** Exercise data follows **
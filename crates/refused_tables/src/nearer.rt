//! Where an example begins that isn't shown from the start rule on: at the nearest rule in which both actions are open.

ghost use Rattle.std.specs.Prelude.{◌≡◌, take, drop, IsTrue, IfOk};
ghost use Rattle.refused_tables.specs.Nearer.{IsEndOf};

use cfg_base::index::IndexStorage;
use cfg_base::symbol::{PIdx, SIdx};
use conflict_examples::{ActionExample, ConflictExample};
use grammar_names::{Grammar, body_len, symbols_behind};
use std::alloc::{AllocError, Global};

/// Returns whether two open productions are the same, with the same dot.
fn same_item(a: (PIdx<u32>, SIdx<u32>), b: (PIdx<u32>, SIdx<u32>)) -> bool
    ensures { IsTrue result → a ≡ b }
{
    let (pidx, dot) = a;
    let (other, at) = b;
    pidx.0 == other.0 && dot.0 == at.0
}

/// Returns how many open productions both spines begin with, at most so many, and never the last of either.
fn shared_len(
    first: &[(PIdx<u32>, SIdx<u32>)],
    second: &[(PIdx<u32>, SIdx<u32>)],
    limit: usize,
) -> usize
    ensures { take result first.now ≡ take result second.now }
{
    let shorter = first.len().min(second.len());
    let most = shorter.saturating_sub(1).min(limit);
    'items: for index in 0..most {
        if !same_item(first[index], second[index]) {
            return index;
        }
    }
    most
}

/// Returns how many of the symbols behind the innermost production the token comes from: those that steps replace, and
/// the one that is the token then, if none of a step is.
fn taken_len(grm: &Grammar, steps: &[PIdx<u32>]) -> usize {
    let mut taken: usize = 0;
    let mut made: usize = 0;
    'steps: for index in 0..steps.len() {
        if made == 0 {
            taken = taken.saturating_add(1);
        }
        made = made
            .saturating_sub(1)
            .saturating_add(body_len(grm, steps[index]));
    }
    if made == 0 {
        taken.saturating_add(1)
    } else {
        taken
    }
}

/// Returns the index of the open production that the token of a reduction comes from; nought where the text ends there.
fn token_index(grm: &Grammar, action: &ActionExample<u32>) -> usize {
    let taken = taken_len(grm, action.steps.as_slice());
    let outer = action.spine.len().saturating_sub(1);
    let mut behind: usize = 0;
    'items: for back in 0..outer {
        let index = outer - 1 - back;
        let item = action.spine[index];
        behind = behind.saturating_add(symbols_behind(grm, item).len());
        if behind >= taken {
            return index;
        }
    }
    0
}

/// Returns how many open productions aren't needed to see that an action is right.
fn spare_len(grm: &Grammar, action: &ActionExample<u32>) -> usize {
    match action.spine.as_slice().last() {
        Some((pidx, dot)) if dot.0.to_usize() < body_len(grm, *pidx) => action.spine.len(),
        _ => token_index(grm, action),
    }
}

/// Returns how many open productions an example doesn't need: what both spines begin with, before those that give the token.
/// The start production is never needed, since nothing stands behind its rule.
fn cut_of(grm: &Grammar, example: &ConflictExample<u32>) -> usize
    ensures { take result example.now.first.spine.items ≡ take result example.now.second.spine.items }
{
    let spare = spare_len(grm, &example.first).min(spare_len(grm, &example.second));
    shared_len(
        example.first.spine.as_slice(),
        example.second.spine.as_slice(),
        spare.max(1),
    )
}

/// Returns how many symbols stand before the dots of the first open productions.
fn symbols_len(spine: &[(PIdx<u32>, SIdx<u32>)], count: usize) -> usize {
    let mut length: usize = 0;
    'items: for index in 0..count.min(spine.len()) {
        let (_, dot) = spine[index];
        length = length.saturating_add(dot.0.to_usize());
    }
    length
}

/// Returns a copy of what is behind an index.
fn tail_of<T: Copy>(alloc: Global, all: &[T], from: usize) -> Result<Vec<T>, AllocError>
    ensures { IfOk result (λ v. v.items ≡ drop from all.now) }
{
    match all.get(from..) {
        Some(tail) => Vec::from_slice(alloc, tail),
        None => Ok(Vec::new(alloc)),
    }
}

/// Returns an action without its first open productions.
fn action_from(
    alloc: Global,
    action: &ActionExample<u32>,
    cut: usize,
) -> Result<ActionExample<u32>, AllocError>
    ensures spine { IfOk result (λ a. a.spine.items ≡ drop cut action.now.spine.items) }
    ensures steps { IfOk result (λ a. a.steps.items ≡ action.now.steps.items) }
{
    let spine = tail_of(alloc, action.spine.as_slice(), cut)?;
    let steps = tail_of(alloc, action.steps.as_slice(), 0)?;
    Ok(ActionExample { spine, steps })
}

/// Returns an example from the nearest rule on in which both actions are open and the token comes from.
pub fn nearest(
    alloc: Global,
    grm: &Grammar,
    example: &ConflictExample<u32>,
) -> Result<ConflictExample<u32>, AllocError>
    ensures { IfOk result (IsEndOf example.now) }
{
    let cut = cut_of(grm, example);
    let passed = symbols_len(example.first.spine.as_slice(), cut);
    let symbols = tail_of(alloc, example.symbols.as_slice(), passed)?;
    let first = action_from(alloc, &example.first, cut)?;
    let second = action_from(alloc, &example.second, cut)?;
    Ok(ConflictExample {
        symbols,
        token: example.token,
        first,
        second,
    })
}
** End of Exercise data **
> [About this task] Scan the lines above for the word "AllocError". Return each one that has it.

> [Task answer]
use std::alloc::{AllocError, Global};
fn tail_of<T: Copy>(alloc: Global, all: &[T], from: usize) -> Result<Vec<T>, AllocError>
) -> Result<ActionExample<u32>, AllocError>
) -> Result<ConflictExample<u32>, AllocError>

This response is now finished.